Abstract
In a study of the therapeutic successes and failures of 35 physicians, members of the resident staff of the Henry Phipps Psychiatric Clinic between 1944 and 1952, it has been found that success with one type of patient does not correlate very highly with success with a different type of patient. To get a wide range of empirical facts, regarding factors significant for the improvement of schizophrenic patients, we selected for comparison 2 groups of patients, the A group 48 in number and the B group 52 in number, the A group having been treated by the 7 physicians who were most successful with schizophrenic patients and the B group by the 7 physicians who were least successful. [see Table 7 in source PDF.]
In the A group 75%, of the patients were improved at discharge; whereas only 27% of the B group were improved.
So wide a difference can not be attributed simply to inherent differences between the A and B groups, because a detailed clinical comparison indicates only slight differences not statistically significant.
From analysis of nurses' notes, charts, conference notes, and other portions of our case records which served to supplement and check the physicians' notes, comparisons have been made as to differences in the way the physicians worked with these patients, and the way the patients responded.

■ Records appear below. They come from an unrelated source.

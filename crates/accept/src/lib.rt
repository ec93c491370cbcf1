// The checks of form: refusals 1 to 6, in the order of the paper's table. The first that applies is given.
#![tactic(auto, unfolding(spec::specs::Refusals::boxes_check, spec::specs::Refusals::maker_check, spec::specs::Refusals::depot_check, spec::specs::Refusals::count_check, spec::specs::Refusals::record_check, spec::specs::Refusals::sheet_check, spec::specs::Refusals::given_check, spec::specs::Refusals::out_check, spec::specs::Refusals::list_check))]

ghost use Rattle.std.specs.Prelude.{◌≡◌, false, ℕ, ◌<◌, length, get_or, ltb, ◌∷◌, []};
ghost use Rattle.lemmas.specs.Lowest.{lowest_if_any};
ghost use Rattle.spec.specs.Records.{record_at, record_count, bad};
ghost use Rattle.spec.specs.Refusals.{passed, judge, table_checks, sheet_check, given_check, out_check, list_check, sheet_checks, order_checks, next_checks};
ghost use Rattle.spec.specs.Fits.{test_checks};
ghost use Rattle.spec.proofs.Accepted.{WholeRecords};
ghost use Rattle.accept.specs.Form.{form_says};

use records::{count, is_bad, record_at};
use refusals::Refusal;

const MOST_BOXES: usize = 256;

const MOST_RECORDS: usize = 1024;

// The lowest bad record.
fn first_bad(maker: &[u8], depot: &[u8], n: usize) -> Option<usize>
    requires { WholeRecords maker.now depot.now }
    ensures { result ≡ lowest_if_any (λ i. bad n (record_at maker.now depot.now i)) (record_count maker.now depot.now) }
{
    for i in 0..count(maker, depot) {
        if is_bad(n, record_at(maker, depot, i)) {
            return Some(i);
        }
    }
    None
}

// Whether a byte is above `top`. It looks at every byte, so that many are looked at at a time: on a good sheet that is all there is
// to do.
fn is_any_above(s: &[u8], top: u8) -> bool
    ensures { result ≡ false → (b : ℕ) → b < length s.now → ltb top (get_or s.now b 0) ≡ false }
{
    let mut found = false;
    for b in s {
        if top < *b {
            found = true;
        }
    }
    found
}

// The lowest byte above `top`.
fn first_above(s: &[u8], top: u8) -> Option<usize>
    ensures { result ≡ lowest_if_any (λ b. ltb top (get_or s.now b 0)) (length s.now) }
{
    if !is_any_above(s, top) {
        return None;
    }
    s.iter().position(|b| top < *b)
}

// The tables, with n boxes: 1, 2, 3.
pub fn check_tables(maker: &[u8], depot: &[u8], n: usize) -> Result<(), Refusal>
    ensures { form_says result ≡ judge (table_checks n maker.now depot.now) passed }
{
    if MOST_BOXES < n {
        return Err(Refusal::BoxCount);
    }
    if maker.len() % 8 != 0 {
        return Err(Refusal::MakerLength);
    }
    if depot.len() % 8 != 0 {
        return Err(Refusal::DepotLength);
    }
    if MOST_RECORDS < count(maker, depot) {
        return Err(Refusal::RecordCount);
    }
    match first_bad(maker, depot, n) {
        Some(i) => Err(Refusal::BadRecord(i)),
        None => Ok(()),
    }
}

// The sheet's bytes: 4.
fn check_sheet(sheet: &[u8]) -> Result<(), Refusal>
    ensures { form_says result ≡ judge (sheet_check sheet.now ∷ []) passed }
{
    match first_above(sheet, 2) {
        Some(b) => Err(Refusal::SheetByte(b)),
        None => Ok(()),
    }
}

// A full list's bytes: 6.
fn check_list(list: &[u8]) -> Result<(), Refusal>
    ensures { form_says result ≡ judge (list_check list.now ∷ []) passed }
{
    match first_above(list, 1) {
        Some(b) => Err(Refusal::ListByte(b)),
        None => Ok(()),
    }
}

// Test and Show: 1, 2, 3, 6.
pub fn check_test(maker: &[u8], depot: &[u8], list: &[u8]) -> Result<(), Refusal>
    ensures { form_says result ≡ judge (test_checks maker.now depot.now list.now) passed }
{
    check_tables(maker, depot, list.len())?;
    check_list(list)
}

// The given list's length: 5 at place 0.
fn check_given(given: &[u8], n: usize) -> Result<(), Refusal>
    ensures { form_says result ≡ judge (given_check n given.now ∷ []) passed }
{
    if given.len() != n {
        return Err(Refusal::GivenLength);
    }
    Ok(())
}

// The out buffer's length: 5 at place 1.
pub fn check_out(out: &[u8], n: usize) -> Result<(), Refusal>
    ensures { form_says result ≡ judge (out_check n out.now ∷ []) passed }
{
    if out.len() != n {
        return Err(Refusal::OutLength);
    }
    Ok(())
}

// Tables and sheet, with which every call of an order begins: 1, 2, 3, 4.
pub fn check_sheet_call(maker: &[u8], depot: &[u8], sheet: &[u8]) -> Result<(), Refusal>
    ensures { form_says result ≡ judge (sheet_checks maker.now depot.now sheet.now) passed }
{
    check_tables(maker, depot, sheet.len())?;
    check_sheet(sheet)
}

// Fill and First: 1, 2, 3, 4, 5 at place 1.
pub fn check_order(maker: &[u8], depot: &[u8], sheet: &[u8], out: &[u8]) -> Result<(), Refusal>
    ensures { form_says result ≡ judge (order_checks maker.now depot.now sheet.now out.now) passed }
{
    check_sheet_call(maker, depot, sheet)?;
    check_out(out, sheet.len())
}

// Next's out buffer and the bytes of its given list: 5 at place 1, 6.
fn check_out_and_list(given: &[u8], n: usize, out: &[u8]) -> Result<(), Refusal>
    ensures { form_says result ≡ judge (out_check n out.now ∷ list_check given.now ∷ []) passed }
{
    check_out(out, n)?;
    check_list(given)
}

// What Next is given besides tables and sheet: 5 at places 0 and 1, 6.
fn check_lists(given: &[u8], n: usize, out: &[u8]) -> Result<(), Refusal>
    ensures { form_says result ≡ judge (given_check n given.now ∷ out_check n out.now ∷ list_check given.now ∷ []) passed }
{
    check_given(given, n)?;
    check_out_and_list(given, n, out)
}

// Next: 1, 2, 3, 4, 5 at places 0 and 1, 6.
pub fn check_next(
    maker: &[u8],
    depot: &[u8],
    sheet: &[u8],
    given: &[u8],
    out: &[u8],
) -> Result<(), Refusal>
    ensures { form_says result ≡ judge (next_checks maker.now depot.now sheet.now given.now out.now) passed }
{
    check_sheet_call(maker, depot, sheet)?;
    check_lists(given, sheet.len(), out)
}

The comparisons and contrasts of these empirical facts, presented in Tables 4, 5, 6, and 7, indicate that improvement in the schizophrenic patient is most likely to occur:
(1) when the physician indicates in his personal diagnostic formulation some grasp of the personal meaning and motivation of the patient's behavior, going beyond mere clinical description and narrative biography;
(2) when the physician, in his formulation of strategic goals in the treatment of a particular patient, selects personality-oriented goals rather than psychopathology-oriented goals, i.e., aims at assisting the patient in definite modifications of personal adjustment patterns and toward more constructive use of assets rather than mere decrease of symptoms or vague "better socialization";
(3) when the physician, in his day-by-day tactics makes use of "active personal participation," rather than the patterns "passive permissive," "interpretation and instruction," or " practical care."
These findings have been tested by statistical methods and are statistically significant beyond the .001 level of mere chance.

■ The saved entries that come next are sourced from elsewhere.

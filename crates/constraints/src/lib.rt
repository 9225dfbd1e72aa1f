// A constraint's task: a clause for each non-matching part, or, from 4 on, a violation variable.
#![tactic(auto)]

mod outside;

ghost use Rattle.std.specs.Prelude.{◌≡◌, true, [], ◌<◌, length};
ghost use Rattle.rules.specs.Candidates.{non_matching};
ghost use Rattle.rules.specs.Opening.{constraint};
ghost use Rattle.rules.specs.Variables.{chosen, violation, known};
ghost use Rattle.requirement.specs.Requirements.{owner_is};
ghost use Rattle.cache.specs.Lists.{Counted};
ghost use Rattle.encoder.specs.Held.{run_of, LongEnough, KnownUnlessFull};
ghost use Rattle.encoder.specs.Did.{is_full};
ghost use Rattle.encoder.specs.Does.{ClausesDoes, IsGoodWith, variables_of};
ghost use Rattle.owners.specs.Owners.{OwnerNumber, serving};
ghost use Rattle.constraints.specs.Constraints.{Knows, constrain_few, add_violation, constrain_many};
ghost use Rattle.index.specs.Views.{catalogue_of, counts_of, catalogue_in, counts_in};

use cache::Choice;
use encoder::{Run, State};
use index::{Catalogue, Index};
use parts::{Adding, Parts};
use requirement::Owner;
use variable_map::Origin;

// A clause for each non-matching part. The owner has its variable.
fn constrain_each(
    index: &Index,
    state: &mut State,
    clauses: &mut [u8],
    run: Run,
    r: usize,
    owner: Owner,
)
    requires good { IsGoodWith (catalogue_in index.now) state.old clauses.old [] }
    requires long_enough { LongEnough state.old.limits (length clauses.old) 16384 }
    requires number_nonzero { (0 < run.number) × (r < (counts_in index.now).ranges) × OwnerNumber owner }
    requires knows { Knows (is_full state.old.used) (variables_of state.old) (chosen (owner_is owner)) }
    ensures { ClausesDoes (catalogue_in index.now) (λ v. constrain_few (catalogue_in index.now) (run_of run) (owner_is owner) r) state.old clauses.old state.new clauses.new }
{
    outside::name_outside(index, state, r);
    let x = opening::variable_of(state, owners::owner_origin(owner));
    parts::add_each(
        index,
        state,
        clauses,
        run,
        Parts::Chosen {
            range: r,
            choice: Choice::NonMatching,
        },
        Adding::Constrains(x),
    );
}

// Under 4 non-matching parts, `count` of them: one clause each.
fn constrain_few(
    index: &Index,
    state: &mut State,
    clauses: &mut [u8],
    run: Run,
    r: usize,
    owner: Owner,
    count: usize,
)
    requires good { IsGoodWith (catalogue_in index.now) state.old clauses.old [] }
    requires long_enough { LongEnough state.old.limits (length clauses.old) 16384 }
    requires number_nonzero { (0 < run.number) × (r < (counts_in index.now).ranges) × OwnerNumber owner }
    requires knows { Knows (is_full state.old.used) (variables_of state.old) (chosen (owner_is owner)) }
    requires counted { Counted count (non_matching (catalogue_in index.now) r) }
    ensures { ClausesDoes (catalogue_in index.now) (λ v. constrain_few (catalogue_in index.now) (run_of run) (owner_is owner) r) state.old clauses.old state.new clauses.new }
{
    if count != 0 {
        constrain_each(index, state, clauses, run, r, owner);
    }
}

// From 4 on: a violation that is new has a clause for each part, and the owner one.
fn add_violation(
    index: &Index,
    state: &mut State,
    clauses: &mut [u8],
    run: Run,
    r: usize,
    owner: Owner,
    new: bool,
)
    requires good { IsGoodWith (catalogue_in index.now) state.old clauses.old [] }
    requires long_enough { LongEnough state.old.limits (length clauses.old) 16384 }
    requires number_nonzero { (0 < run.number) × (r < (counts_in index.now).ranges) × OwnerNumber owner }
    requires owner_known { (known (variables_of state.old) (chosen (owner_is owner)) ≡ true) × (known (variables_of state.old) (violation r) ≡ true) }
    requires known_unless_full { KnownUnlessFull (is_full state.old.used) (variables_of state.old) (non_matching (catalogue_in index.now) r) }
    ensures { ClausesDoes (catalogue_in index.now) (λ v. add_violation (catalogue_in index.now) (run_of run) (owner_is owner) r new) state.old clauses.old state.new clauses.new }
{
    let y = opening::variable_of(state, Origin::Violation(r as u16));
    let x = opening::variable_of(state, owners::owner_origin(owner));
    if new {
        outside::add_outs(index, state, clauses, run, r, y);
    }
    reporting::add_aux_owner(state, clauses, run, x, y);
}

fn constrain_many(
    index: &Index,
    state: &mut State,
    clauses: &mut [u8],
    run: Run,
    r: usize,
    owner: Owner,
)
    requires good { IsGoodWith (catalogue_in index.now) state.old clauses.old [] }
    requires long_enough { LongEnough state.old.limits (length clauses.old) 16384 }
    requires number_nonzero { (0 < run.number) × (r < (counts_in index.now).ranges) × OwnerNumber owner }
    requires knows { Knows (is_full state.old.used) (variables_of state.old) (chosen (owner_is owner)) }
    ensures { ClausesDoes (catalogue_in index.now) (λ v. constrain_many (catalogue_in index.now) (run_of run) (owner_is owner) r) state.old clauses.old state.new clauses.new }
{
    let new = state.variable(Origin::Violation(r as u16)).is_none();
    opening::name_variable(state, Origin::Violation(r as u16));
    outside::name_outside(index, state, r);
    if state.used.full == 0 {
        add_violation(index, state, clauses, run, r, owner, new);
    }
}

pub fn serve_constraint(
    catalogue: &Catalogue,
    state: &mut State,
    clauses: &mut [u8],
    run: Run,
    i: usize,
)
    requires good { IsGoodWith (catalogue_of catalogue.now) state.old clauses.old [] }
    requires long_enough { LongEnough state.old.limits (length clauses.old) 16384 }
    requires number_nonzero { 0 < run.number }
    requires i_lt_constraints { i < (counts_of catalogue.now).constraints }
    ensures { ClausesDoes (catalogue_of catalogue.now) (λ v. serving (catalogue_of catalogue.now) (run_of run) (constraint i)) state.old clauses.old state.new clauses.new }
{
    let it = catalogue.index.areas.tables.constraint_at(i);
    let r = it.range as usize;
    opening::name_variable(state, owners::owner_origin(it.owner));
    let count = catalogue.index.non_matching_count(r);
    if count < 4 {
        constrain_few(&catalogue.index, state, clauses, run, r, it.owner, count);
    } else {
        constrain_many(&catalogue.index, state, clauses, run, r, it.owner);
    }
}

There is a similarly high association between improved condition at the time of a patient's discharge and the development by the patient, while in treatment, of a trusting, confidential relationship to the physician.
We interpret these empirical findings to mean that in the psychotherapy of schizophrenic patients success is to a large extent determined by the differences found among physicians in the extent to which they are able to approach their patients' problems in a personal way, gain a trusted, confidential relationship and participate in an active, personal way in the patient's reorientation to personal relationships. Techniques of passive permissiveness, or efforts to develop insight by interpretation appear to have much less therapeutic value.